**Description of the task**
From the listing below, pull out all lines with "that" in them.

::: Data excerpts :::

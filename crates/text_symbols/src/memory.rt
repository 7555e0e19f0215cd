//! What RAM holds.

use byteorder::{ByteOrder, LittleEndian};

/// Where RAM begins.
const RAM_START: u64 = 0x8000_0000;

/// Bytes of RAM at an address, where all are inside.
pub(crate) fn bytes_in(ram: &[u8], address: u64, count: u64) -> Option<&[u8]> {
    let start = address.checked_sub(RAM_START)?;
    let end = start.checked_add(count)?;
    if end > ram.len() as u64 {
        return None;
    }
    ram.get(start as usize..end as usize)
}

/// The 8 bytes at an address as a number.
pub(crate) fn long_in(ram: &[u8], address: u64) -> Option<u64> {
    let bytes = bytes_in(ram, address, 8)?;
    if bytes.len() < 8 {
        return None;
    }
    Some(LittleEndian::read_u64(bytes))
}
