//! The sections of an ELF64 file.

ghost use Rattle.std.specs.Prelude.{◌≡◌, ◌+◌, ◌*◌, ◌<◌, ◌≤◌, IsTrue, length};
ghost use Rattle.std.specs.List.{find};
ghost use Rattle.text_symbols.specs.declared.sections.Tables.{Tables};
ghost use Rattle.text_symbols.specs.Sections.{is_elf64, section, sections_from, has_headers, is_whole, is_symbol_table, is_names, headers_offset, section_header_count, linked, tables_by, tables_in, tables_of, AreInside};

use crate::fields::{byte_at, half_at, long_at, word_at};

/// The fields of a section header that matter here.
#[derive(Clone, Copy, Debug)]
pub(crate) struct Section {
    pub kind: u32,
    pub offset: u64,
    pub size: u64,
    pub link: u32,
    pub entry_size: u64,
}

/// The symbol table of a file and the section of its names.
#[derive(Clone, Copy, Debug)]
pub(crate) enum Tables {
    Absent,
    Damaged,
    Found(Section, Section),
}

impl Section {
    /// Whether the section's bytes lie in the file.
    pub fn is_whole(&self, file: &[u8]) -> bool
        ensures { result ≡ is_whole file.now self.now }
    {
        u128::from(self.offset) + u128::from(self.size) <= file.len() as u128
    }

    fn is_symbol_table(&self) -> bool
        ensures { result ≡ is_symbol_table self.now }
    {
        self.kind == 2
    }

    fn is_names(&self) -> bool
        ensures { result ≡ is_names self.now }
    {
        self.kind == 3
    }
}

fn is_elf64(file: &[u8]) -> bool
    ensures { result ≡ is_elf64 file.now }
{
    file.len() >= 64
        && word_at(file, 0) == 0x464c_457f
        && byte_at(file, 4) == 2
        && byte_at(file, 5) == 1
}

fn has_headers(file: &[u8]) -> bool
    requires { 64 ≤ length file.now }
    ensures { result ≡ has_headers file.now }
{
    let end = u128::from(long_at(file, 40)) + 64 * u128::from(half_at(file, 60));
    half_at(file, 58) == 64 && end <= file.len() as u128
}

/// Section `index`.
#[tactic(auto, unfolding(crate::specs::Sections::section_at))]
fn section_of(file: &[u8], index: u32) -> Section
    requires long { 64 ≤ length file.now }
    requires inside { headers_offset file.now + 64 * index + 64 ≤ length file.now }
    ensures { result ≡ section file.now index }
{
    let at = long_at(file, 40) as usize + 64 * index as usize;
    Section {
        kind: word_at(file, at + 4),
        offset: long_at(file, at + 24),
        size: long_at(file, at + 32),
        link: word_at(file, at + 40),
        entry_size: long_at(file, at + 56),
    }
}

/// The first section that is a symbol table.
#[tactic(auto, using(crate::proofs::OneBehind::sections_more, crate::proofs::OneBehind::sections_done))]
fn symbol_table(file: &[u8], count: u16) -> Option<Section>
    requires long { 64 ≤ length file.now }
    requires inside { headers_offset file.now + 64 * count ≤ length file.now }
    ensures { result ≡ find is_symbol_table (sections_from file.now 0 count) }
{
    for i in 0..count {
        let section = section_of(file, u32::from(i));
        if section.is_symbol_table() {
            return Some(section);
        }
    }
    None
}

fn linked(file: &[u8], symbols: Section, names: Section) -> Tables
    requires { IsTrue (is_whole file.now symbols) }
    ensures exact { result ≡ linked file.now symbols names }
    ensures inside { AreInside file.now result }
{
    if names.is_names() && names.is_whole(file) {
        Tables::Found(symbols, names)
    } else {
        Tables::Damaged
    }
}

fn tables_by(file: &[u8], found: Option<Section>) -> Tables
    requires long { 64 ≤ length file.now }
    requires headers { IsTrue (has_headers file.now) }
    ensures exact { result ≡ tables_by file.now found }
    ensures inside { AreInside file.now result }
{
    let Some(symbols) = found else {
        return Tables::Absent;
    };
    if symbols.entry_size == 24
        && symbols.is_whole(file)
        && symbols.link < u32::from(half_at(file, 60))
    {
        linked(file, symbols, section_of(file, symbols.link))
    } else {
        Tables::Damaged
    }
}

fn tables_in(file: &[u8]) -> Tables
    requires { 64 ≤ length file.now }
    ensures exact { result ≡ tables_in file.now }
    ensures inside { AreInside file.now result }
{
    if has_headers(file) {
        tables_by(file, symbol_table(file, half_at(file, 60)))
    } else {
        Tables::Damaged
    }
}

/// The symbol table of a file, which is the first section of that kind, with the section of its names.
#[tactic(auto, unfolding(crate::specs::Sections::tables_of))]
pub(crate) fn tables_of(file: &[u8]) -> Tables
    ensures exact { result ≡ tables_of file.now }
    ensures inside { AreInside file.now result }
{
    if is_elf64(file) {
        if half_at(file, 60) == 0 {
            Tables::Absent
        } else {
            tables_in(file)
        }
    } else {
        Tables::Absent
    }
}
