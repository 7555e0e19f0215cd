ghost use Rattle.std.specs.Prelude.{◌≡◌, ◌↔◌, ◌⊎◌, ◌+◌, false, true, ◌<◌, ◌≤◌, [], ◌∷◌, ◌++◌, length, map, nat_le, vec_capacity, IfErr, IfNone, IfOk};
ghost use Rattle.evm_devs.specs.Bus.{AreIdleFrom, IsIdle, kinds_of, tick_bus, touch_bus, bus_word};
ghost use Rattle.evm_dev.specs.Attached.{Attached};
ghost use Rattle.evm_model.specs.Good.{AreDevices};

use crate::copying::CopyFrom;
use evm_dev::{Device, Kind, Op, Touch};
use evm_model::DEVICE_LIMIT;
use evm_room::{Refused, with_room};
use std::alloc::Global;
use std::marker::Model;

/// The devices of a machine, in the order in which they were attached.
#[derive(Debug, Drop)]
pub struct Devices<D: Device> {
    items: Vec<D>,
    // a tick changes none of the devices from this number on
    active: usize,
}

impl<D: Device> Model for Devices<D> {
    ghost use Rattle.std.specs.Prelude.{◌≤◌, List, length, map, vec_capacity};
    ghost use Rattle.evm_devs.specs.Bus.{AreIdleFrom};
    ghost use Rattle.evm_dev.specs.Attached.{Attached};
    ghost use Rattle.evm_model.specs.declared.limits.TheConstants.{DEVICE_LIMIT};

    ghost Value = { List Attached };

    // there is room for as many as there may be
    ghost invariant = { λ devices. (length devices.items.items ≤ DEVICE_LIMIT) × (DEVICE_LIMIT ≤ vec_capacity devices.items) × (devices.active ≤ length devices.items.items) × AreIdleFrom devices.active (map (λ device. record { kind = D.kind_of device; words = D.words_of device }) devices.items.items) };

    ghost view = { λ devices. map (λ device. record { kind = D.kind_of device; words = D.words_of device }) devices.items.items };
}

// Whether a tick neither changes a device nor raises its line.
fn is_idle<D: Device>(device: &D) -> bool
    ensures { (result ≡ true) ↔ IsIdle (record { kind = D.kind_of device.now; words = D.words_of device.now }) }
{
    match device.kind() {
        Kind::Console | Kind::Mailbox => true,
        Kind::Pins => device.words(2) == Some(0),
    }
}

// The number of active devices after a tick of device i: one less if it was the last of them and is idle.
fn active_after(active: usize, i: usize, idle: bool) -> usize
    ensures { (result ≡ active) ⊎ ((result ≡ i) × (active ≡ i + 1) × (idle ≡ true)) }
{
    if idle && active > 0 && active - 1 == i {
        i
    } else {
        active
    }
}

impl<D: Device> Devices<D> {
    /// No device, with room for as many as there may be.
    pub fn new(alloc: Global) -> Result<Devices<D>, Refused>
        ensures none { IfOk result (λ devices. devices ≡ []) }
        ensures refused { IfErr result (λ asked. asked ≡ DEVICE_LIMIT) }
    {
        Ok(Devices {
            items: with_room(alloc, DEVICE_LIMIT)?,
            active: 0,
        })
    }

    /// A number from which on no device does anything at a tick: those below it are the ones to tick.
    pub fn active(&self) -> usize
        ensures some { result ≤ length self.now }
        ensures limit { result ≤ DEVICE_LIMIT }
        ensures idle { AreIdleFrom result self.now }
    {
        self.active
    }

    /// How many devices there are.
    pub fn len(&self) -> usize
        ensures count { result ≡ length self.now }
        ensures limit { result ≤ DEVICE_LIMIT }
    {
        self.items.len()
    }

    /// Whether there is no room for a device more.
    pub fn is_full(&self) -> bool
        ensures { result ≡ nat_le DEVICE_LIMIT (length self.now) }
    {
        self.items.len() >= DEVICE_LIMIT
    }

    /// A device more, which has the next number.
    pub fn push(&mut self, device: D)
        requires { length self.old < DEVICE_LIMIT }
        ensures { self.new ≡ self.old ++ record { kind = D.kind_of device; words = D.words_of device } ∷ [] }
    {
        self.items.push_reserved(device);
        self.active = self.items.len();
    }

    /// Whether there are as many devices as others, and each is of the kind of the other with its number.
    pub fn are_like(&self, others: &Devices<D>) -> bool
        ensures same { result ≡ true → kinds_of self.now ≡ kinds_of others.now }
        ensures other { result ≡ false → kinds_of self.now ≡ kinds_of others.now → ⊥ }
    {
        are_of_kinds(&self.items, &others.items)
    }

    /// A touch of a device's register; no answer if there is no such device.
    pub fn touch(&mut self, i: usize, op: Op, register: u8, value: u64) -> Touch
        ensures done { (self.new, result) ≡ touch_bus i op register value self.old }
        ensures unanswered { IfNone result.answer (self.new ≡ self.old) }
    {
        let Some(device) = self.items.get_mut(i) else {
            return Touch::NONE;
        };
        let touch = device.touch(op, register, value);
        self.active = self.active.max(i + 1);
        touch
    }

    /// A tick of a device: whether it raises its line.
    pub fn tick(&mut self, i: usize) -> bool
        ensures { (self.new, result) ≡ tick_bus i self.old }
    {
        let Some(device) = self.items.get_mut(i) else {
            return false;
        };
        let raise = device.tick();
        self.active = active_after(self.active, i, is_idle(device));
        raise
    }

    /// A word of a device.
    pub fn word(&self, i: usize, k: usize) -> Option<u64>
        ensures { result ≡ bus_word i k self.now }
    {
        self.items.get(i)?.words(k)
    }

    /// There are no more devices than there may be, and each has words that its kind may have.
    pub fn rules(&self)
        ensures { AreDevices self.now }
    {
        for device in &self.items {
            let _kind = device.kind();
        }
    }

    /// The devices, in the order in which they were attached.
    pub fn into_vec(self) -> Vec<D>
        ensures { map (λ device. record { kind = D.kind_of device; words = D.words_of device }) result.items ≡ self }
    {
        self.items
    }
}

// Whether devices are as many as others, and each is of the kind of the other with its number.
fn are_of_kinds<D: Device>(devices: &[D], others: &[D]) -> bool
    ensures same { result ≡ true → map (λ device. D.kind_of device) devices.now ≡ map (λ device. D.kind_of device) others.now }
    ensures other { result ≡ false → map (λ device. D.kind_of device) devices.now ≡ map (λ device. D.kind_of device) others.now → ⊥ }
{
    if devices.len() != others.len() {
        return false;
    }
    for i in 0..devices.len() {
        if devices[i].kind() != others[i].kind() {
            return false;
        }
    }
    true
}

// Each device has the words of another of its kind.
fn copy_each<D: CopyFrom>(devices: &mut Vec<D>, others: &[D])
    requires { map (λ device. D.kind_of device) devices.old.items ≡ map (λ device. D.kind_of device) others.now }
    ensures seen { map {B = Attached} (λ device. record { kind = D.kind_of device; words = D.words_of device }) devices.new.items ≡ map {B = Attached} (λ device. record { kind = D.kind_of device; words = D.words_of device }) others.now }
    ensures capacity { vec_capacity devices.new ≡ vec_capacity devices.old }
{
    for i in 0..others.len() {
        if let Some(device) = devices.get_mut(i) {
            device.copy_from(&others[i]);
        }
    }
}

impl<D: CopyFrom> Devices<D> {
    /// The devices have the words of others of their kinds. Takes no memory.
    pub fn copy_from(&mut self, other: &Devices<D>)
        requires { kinds_of self.old ≡ kinds_of other.now }
        ensures { self.new ≡ other.now }
    {
        copy_each(&mut self.items, &other.items);
        self.active = other.active;
    }
}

:::

**Finished exercise**
/// The fields of a section header that matter here.
/// The first section that is a symbol table.
/// The symbol table of a file, which is the first section of that kind, with the section of its names.
    /// There are no more devices than there may be, and each has words that its kind may have.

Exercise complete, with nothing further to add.